Patricia was a spirited, seventeen-year old beauty with blond hair and blue eyes. My grandparents had high expectations for their youngest child, especially after the tragic death of their son and the grief that haunted them. Instead, she disappointed them by eloping with a farm hand that worked for my grandfather. He was what my mother referred to as a shanty Irishman. He was old enough to be my aunt’s father and he was a widower with a baby daughter. The story whispered between my mother and grandmother was that he had caused his first wife’s death by failing to heed the doctor’s advice to avoid a life-threatening pregnancy. He was a big, lazy, boisterous, barrel-chested man, content with his own ignorance. My mother said he had killed a recalcitrant horse with a single punch to the head. I only remember that he always smelled like manure and that no one could ever unravel the mystery of my aunt’s romantic attachment to him.

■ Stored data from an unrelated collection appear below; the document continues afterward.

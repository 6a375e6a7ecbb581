// A typed program: its declarations, functions, constraints, objective and output items.

use crate::tree::{Core, CoreDecl, CoreType};
use mz_base::{Name, Span};
use mz_value::{Cases, TextValue};

/// A function with its name and the name's place.
#[derive(Drop)]
pub struct CoreFunction {
    pub name: Name,
    pub span: Span,
    pub params: Vec<CoreDecl>,
    pub result: CoreType,
    pub body: Core,
}

/// What is asked for.
#[derive(Drop)]
pub enum CoreGoal {
    Satisfy,
    Minimize(Core),
    Maximize(Core),
}

/// A typed program. Declarations, functions, constraints and output items stand in source order.
#[derive(Drop)]
pub struct Program {
    /// The names of each enum's cases.
    pub cases: Cases,
    /// The text of each name that stands for a text literal.
    pub texts: Vec<(Name, TextValue)>,
    pub decls: Vec<CoreDecl>,
    /// The places in `decls`, in the order in which the declarations are evaluated.
    pub order: Vec<u64>,
    pub functions: Vec<CoreFunction>,
    pub constraints: Vec<Core>,
    pub goal: CoreGoal,
    pub outputs: Vec<Core>,
}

Despite her family’s disapproval, my aunt defiantly raised five daughters in near poverty on a Wisconsin farm. My uncle was no farmer. My father said the cow shit was so deep in the barn that you could hit your head on the ceiling. Everyone expected that one day my aunt would finally have her fill of a very hard life. A devout Catholic, she remained with her husband to the end when he succumbed to Alzheimer’s disease. I suspect she was probably tempted a few times during her life to change course. My grandmother and mother always hoped she would come to her senses one day. In the end, no one or nothing could dissuade my aunt from the path she had chosen in life.

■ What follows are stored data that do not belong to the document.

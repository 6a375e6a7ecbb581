// Array and set literals.

ghost use Rattle.std.specs.Prelude.{◌≡◌, IfOk, map};
ghost use Rattle.std.specs.List.{list_any};
ghost use Rattle.mz_core.specs.TreeViews.{tree};
ghost use Rattle.mz_check_meaning.specs.Arrays.{is_var, listed, tabled, each_to, member_base, set_base, set_literal};
ghost use Rattle.mz_check_meaning.specs.Passes.{Passes};
ghost use Rattle.mz_core.specs.Types.{plain_type};

use crate::coerce::each_to;
use crate::joins::{elements_join, members_join, rows_join};
use crate::kinds::{base_of, list_of, refusal, scalar, table_of, var_of};
use crate::{make_array, make_rows, make_set, type_of};
use mz_base::{Kind, Memory, Span, Stop};
use mz_core::{Base, Core, TypeInst};
use std::alloc::Global;

/// `[..]` with its typed elements.
#[inline(never)]
#[tactic(auto, unfolding(mz_check_meaning::specs::Arrays::listed))]
pub fn listed(alloc: Global, span: Span, es: Vec<Core>) -> Result<Core, Stop>
    ensures { Passes tree result (listed span (map tree es.items)) }
{
    let t = elements_join(alloc, &es)?;
    let elements = each_to(alloc, &t, es)?;
    let ty = list_of(alloc, &t)?;
    Ok(make_array(span, ty, elements))
}

fn rows_to(alloc: Global, t: &TypeInst, lines: Vec<Vec<Core>>) -> Result<Vec<Vec<Core>>, Memory>
    ensures { IfOk result (λ v. map (λ r. map tree r.items) v.items ≡ map (each_to (plain_type t.now)) (map (λ r. map tree r.items) lines.items)) }
{
    let mut all = Vec::new(alloc);
    for line in lines {
        all.push(each_to(alloc, t, line)?)?;
    }
    Ok(all)
}

/// `[| .. |]` with its typed rows, which may differ in length.
#[inline(never)]
#[tactic(auto, unfolding(mz_check_meaning::specs::Arrays::tabled))]
pub fn tabled(alloc: Global, span: Span, lines: Vec<Vec<Core>>) -> Result<Core, Stop>
    ensures { Passes tree result (tabled span (map (λ r. map tree r.items) lines.items)) }
{
    let t = rows_join(alloc, &lines)?;
    let elements = rows_to(alloc, &t, lines)?;
    let ty = table_of(alloc, &t)?;
    Ok(make_rows(span, ty, elements))
}

/// The base of a set's elements: a Boolean counts as an integer.
pub fn member_base(base: Base) -> Base
    ensures { result ≡ member_base base }
{
    match base {
        Base::Bool => Base::Int,
        b => b,
    }
}

/// The base of the sets of elements of a base.
pub fn set_base(base: Base) -> Base
    ensures { result ≡ set_base base }
{
    match base {
        Base::Enum(e) => Base::SetEnum(e),
        Base::Bottom => Base::SetBottom,
        _ => Base::SetInt,
    }
}

/// Whether some expression is var.
pub fn some_var(es: &[Core]) -> bool
    ensures { result ≡ list_any is_var (map tree es.now) }
{
    for e in es {
        if is_var(e) {
            return true;
        }
    }
    false
}

/// Whether an expression is var.
pub fn is_var(e: &Core) -> bool
    ensures { result ≡ is_var (tree e.now) }
{
    var_of(type_of(e))
}

/// `{..}` with its typed elements. LeftOut at it, where one of them is var.
#[inline(never)]
#[tactic(auto, unfolding(mz_check_meaning::specs::Arrays::set_literal))]
pub fn set_literal(alloc: Global, span: Span, es: Vec<Core>) -> Result<Core, Stop>
    ensures { Passes tree result (set_literal span (map tree es.items)) }
{
    let t = members_join(alloc, &es)?;
    if some_var(&es) {
        return Err(refusal(Kind::LeftOut, span));
    }
    let member = scalar(alloc, member_base(base_of(&t)));
    let elements = each_to(alloc, &member, es)?;
    Ok(make_set(span, scalar(alloc, set_base(base_of(&t))), elements))
}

My grandparents and mother have been gone for several years, but my Aunt is still going strong at 82, living alone, unbroken, proud, and unafraid on a Wisconsin farm with a dog and a couple of cats. She is happy. We have never spent enough time in each other’s company over the years to fill a week, but this holiday we talked by phone for over an hour. We both laughed when she told me she doesn’t understand why she can no longer lift an 80-pound piece of farm equipment into her truck. We may be bound by family history, but mostly we are bound by her improbable, unfathomable, defiant romance.